Below are entries. Reproduce exactly the lines between the line holding "filename crates/refusal_text/src/token.rt" and the line holding "fn token_head(alloc: Global, name: &str)", inclusive, and only those.

Stored data:

::::

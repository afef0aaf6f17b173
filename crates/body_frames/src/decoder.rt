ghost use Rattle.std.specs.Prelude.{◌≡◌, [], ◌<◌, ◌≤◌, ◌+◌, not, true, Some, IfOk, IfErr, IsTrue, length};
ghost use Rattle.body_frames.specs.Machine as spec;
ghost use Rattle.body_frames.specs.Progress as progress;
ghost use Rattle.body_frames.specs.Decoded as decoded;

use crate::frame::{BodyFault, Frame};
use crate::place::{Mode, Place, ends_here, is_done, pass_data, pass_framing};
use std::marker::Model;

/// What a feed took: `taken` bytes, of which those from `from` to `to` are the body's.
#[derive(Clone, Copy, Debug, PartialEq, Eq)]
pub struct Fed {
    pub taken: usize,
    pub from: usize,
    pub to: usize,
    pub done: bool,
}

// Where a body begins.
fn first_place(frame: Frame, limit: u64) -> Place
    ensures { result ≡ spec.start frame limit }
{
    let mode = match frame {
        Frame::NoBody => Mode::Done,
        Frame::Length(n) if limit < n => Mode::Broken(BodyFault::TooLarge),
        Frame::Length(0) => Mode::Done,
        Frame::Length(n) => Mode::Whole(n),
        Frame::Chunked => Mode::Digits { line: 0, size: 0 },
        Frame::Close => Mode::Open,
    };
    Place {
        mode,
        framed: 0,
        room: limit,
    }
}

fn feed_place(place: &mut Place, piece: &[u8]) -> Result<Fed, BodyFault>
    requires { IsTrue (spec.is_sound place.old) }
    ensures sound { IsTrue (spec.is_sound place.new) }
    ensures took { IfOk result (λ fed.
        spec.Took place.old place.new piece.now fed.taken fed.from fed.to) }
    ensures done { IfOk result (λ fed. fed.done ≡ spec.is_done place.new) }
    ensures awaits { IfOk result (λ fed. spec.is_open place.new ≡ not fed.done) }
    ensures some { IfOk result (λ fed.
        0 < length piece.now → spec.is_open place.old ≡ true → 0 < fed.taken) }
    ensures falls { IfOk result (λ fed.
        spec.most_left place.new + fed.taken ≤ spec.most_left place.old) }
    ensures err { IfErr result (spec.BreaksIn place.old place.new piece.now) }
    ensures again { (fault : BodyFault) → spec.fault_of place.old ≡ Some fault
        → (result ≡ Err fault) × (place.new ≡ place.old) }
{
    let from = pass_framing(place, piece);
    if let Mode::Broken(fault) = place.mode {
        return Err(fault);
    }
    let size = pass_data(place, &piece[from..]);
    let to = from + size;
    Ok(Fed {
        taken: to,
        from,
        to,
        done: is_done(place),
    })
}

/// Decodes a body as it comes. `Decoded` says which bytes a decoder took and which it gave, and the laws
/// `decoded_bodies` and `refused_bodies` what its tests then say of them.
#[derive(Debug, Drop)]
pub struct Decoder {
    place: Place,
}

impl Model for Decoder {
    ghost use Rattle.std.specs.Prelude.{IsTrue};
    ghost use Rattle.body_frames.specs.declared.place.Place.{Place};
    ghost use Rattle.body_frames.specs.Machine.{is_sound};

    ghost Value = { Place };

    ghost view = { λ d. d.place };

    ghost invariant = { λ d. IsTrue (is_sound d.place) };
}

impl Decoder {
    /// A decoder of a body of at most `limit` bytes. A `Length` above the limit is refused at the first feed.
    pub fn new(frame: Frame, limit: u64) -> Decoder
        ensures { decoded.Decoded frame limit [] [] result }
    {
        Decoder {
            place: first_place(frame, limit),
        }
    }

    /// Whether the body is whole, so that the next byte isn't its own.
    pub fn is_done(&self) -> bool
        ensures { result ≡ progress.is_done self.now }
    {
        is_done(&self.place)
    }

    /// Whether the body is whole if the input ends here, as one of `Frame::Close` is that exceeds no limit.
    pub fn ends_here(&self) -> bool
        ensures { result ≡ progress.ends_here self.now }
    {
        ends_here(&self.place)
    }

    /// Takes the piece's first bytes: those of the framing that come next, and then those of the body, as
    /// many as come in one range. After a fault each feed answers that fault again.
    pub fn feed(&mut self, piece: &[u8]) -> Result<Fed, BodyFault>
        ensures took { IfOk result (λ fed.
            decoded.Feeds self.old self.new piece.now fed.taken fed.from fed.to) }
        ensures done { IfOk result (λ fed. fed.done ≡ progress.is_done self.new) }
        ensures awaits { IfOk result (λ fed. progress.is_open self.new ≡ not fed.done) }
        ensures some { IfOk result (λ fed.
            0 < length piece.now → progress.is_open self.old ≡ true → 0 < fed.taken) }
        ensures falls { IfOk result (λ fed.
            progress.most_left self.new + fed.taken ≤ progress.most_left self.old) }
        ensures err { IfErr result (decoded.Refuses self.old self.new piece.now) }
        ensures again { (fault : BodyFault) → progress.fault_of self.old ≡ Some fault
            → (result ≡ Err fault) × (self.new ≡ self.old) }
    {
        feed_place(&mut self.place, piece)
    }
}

::::

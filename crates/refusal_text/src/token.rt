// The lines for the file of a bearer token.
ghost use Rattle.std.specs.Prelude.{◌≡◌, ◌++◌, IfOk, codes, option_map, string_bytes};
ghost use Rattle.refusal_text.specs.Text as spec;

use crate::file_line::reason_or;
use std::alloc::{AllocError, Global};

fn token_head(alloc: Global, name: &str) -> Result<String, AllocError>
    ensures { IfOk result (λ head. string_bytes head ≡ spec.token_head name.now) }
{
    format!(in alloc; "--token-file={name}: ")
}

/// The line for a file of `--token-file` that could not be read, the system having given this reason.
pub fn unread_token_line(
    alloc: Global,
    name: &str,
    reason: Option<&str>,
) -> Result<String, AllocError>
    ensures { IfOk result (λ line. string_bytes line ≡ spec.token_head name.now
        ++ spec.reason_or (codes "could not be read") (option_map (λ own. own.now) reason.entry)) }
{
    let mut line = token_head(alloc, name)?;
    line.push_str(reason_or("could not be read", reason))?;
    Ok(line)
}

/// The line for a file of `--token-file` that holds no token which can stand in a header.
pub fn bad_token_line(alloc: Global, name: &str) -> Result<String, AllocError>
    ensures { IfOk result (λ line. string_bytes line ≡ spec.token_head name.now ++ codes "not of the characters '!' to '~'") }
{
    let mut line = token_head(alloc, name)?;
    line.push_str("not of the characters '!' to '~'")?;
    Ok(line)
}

::::

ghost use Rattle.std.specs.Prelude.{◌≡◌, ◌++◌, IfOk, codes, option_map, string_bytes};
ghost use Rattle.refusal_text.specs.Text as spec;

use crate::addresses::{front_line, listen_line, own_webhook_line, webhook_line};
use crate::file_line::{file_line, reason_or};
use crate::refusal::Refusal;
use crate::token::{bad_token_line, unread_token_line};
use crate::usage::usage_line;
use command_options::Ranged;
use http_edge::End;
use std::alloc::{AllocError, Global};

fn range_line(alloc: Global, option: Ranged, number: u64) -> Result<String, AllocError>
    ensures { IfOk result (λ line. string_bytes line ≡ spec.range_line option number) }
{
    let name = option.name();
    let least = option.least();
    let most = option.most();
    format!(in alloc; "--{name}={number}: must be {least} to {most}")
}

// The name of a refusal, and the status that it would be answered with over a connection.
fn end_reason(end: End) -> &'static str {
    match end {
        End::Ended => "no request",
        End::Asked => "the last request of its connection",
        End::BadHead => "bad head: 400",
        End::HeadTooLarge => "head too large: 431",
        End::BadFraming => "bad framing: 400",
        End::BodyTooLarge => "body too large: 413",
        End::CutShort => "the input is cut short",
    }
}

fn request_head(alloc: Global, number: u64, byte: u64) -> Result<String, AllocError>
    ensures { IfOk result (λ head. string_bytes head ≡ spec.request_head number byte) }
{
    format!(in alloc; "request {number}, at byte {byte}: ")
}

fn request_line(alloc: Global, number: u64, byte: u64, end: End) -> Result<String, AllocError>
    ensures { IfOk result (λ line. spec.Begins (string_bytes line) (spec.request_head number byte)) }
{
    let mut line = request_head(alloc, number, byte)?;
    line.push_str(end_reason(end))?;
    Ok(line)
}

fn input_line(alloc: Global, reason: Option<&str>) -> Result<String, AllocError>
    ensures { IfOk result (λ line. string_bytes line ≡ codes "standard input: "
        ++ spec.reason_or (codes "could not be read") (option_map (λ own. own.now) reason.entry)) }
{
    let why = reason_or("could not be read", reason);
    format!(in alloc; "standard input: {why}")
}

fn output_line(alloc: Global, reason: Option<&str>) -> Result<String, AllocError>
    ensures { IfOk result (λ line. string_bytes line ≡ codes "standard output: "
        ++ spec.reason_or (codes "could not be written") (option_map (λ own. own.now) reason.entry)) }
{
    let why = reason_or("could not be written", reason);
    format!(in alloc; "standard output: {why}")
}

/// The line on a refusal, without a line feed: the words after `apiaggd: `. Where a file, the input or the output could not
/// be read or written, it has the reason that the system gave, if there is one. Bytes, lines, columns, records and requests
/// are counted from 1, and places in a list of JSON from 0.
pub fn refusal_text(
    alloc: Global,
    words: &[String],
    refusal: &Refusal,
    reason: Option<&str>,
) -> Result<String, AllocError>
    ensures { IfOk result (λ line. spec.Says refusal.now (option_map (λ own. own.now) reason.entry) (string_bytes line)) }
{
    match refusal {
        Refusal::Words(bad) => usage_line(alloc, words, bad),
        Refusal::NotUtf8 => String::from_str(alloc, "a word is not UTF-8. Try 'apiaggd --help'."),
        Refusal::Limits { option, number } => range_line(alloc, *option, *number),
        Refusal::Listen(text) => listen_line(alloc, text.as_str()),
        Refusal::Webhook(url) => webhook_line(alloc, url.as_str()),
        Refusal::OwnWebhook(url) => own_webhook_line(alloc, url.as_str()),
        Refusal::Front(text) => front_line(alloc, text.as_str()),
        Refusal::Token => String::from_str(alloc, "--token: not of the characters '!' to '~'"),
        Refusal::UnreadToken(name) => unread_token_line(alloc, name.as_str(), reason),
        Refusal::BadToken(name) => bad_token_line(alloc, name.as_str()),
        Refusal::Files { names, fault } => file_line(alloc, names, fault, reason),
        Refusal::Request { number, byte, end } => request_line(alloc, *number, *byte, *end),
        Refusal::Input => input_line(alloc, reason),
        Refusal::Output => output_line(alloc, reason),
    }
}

::::

**Answer section:**
filename crates/refusal_text/src/token.rt
// The lines for the file of a bearer token.
ghost use Rattle.std.specs.Prelude.{◌≡◌, ◌++◌, IfOk, codes, option_map, string_bytes};
ghost use Rattle.refusal_text.specs.Text as spec;

use crate::file_line::reason_or;
use std::alloc::{AllocError, Global};

fn token_head(alloc: Global, name: &str) -> Result<String, AllocError>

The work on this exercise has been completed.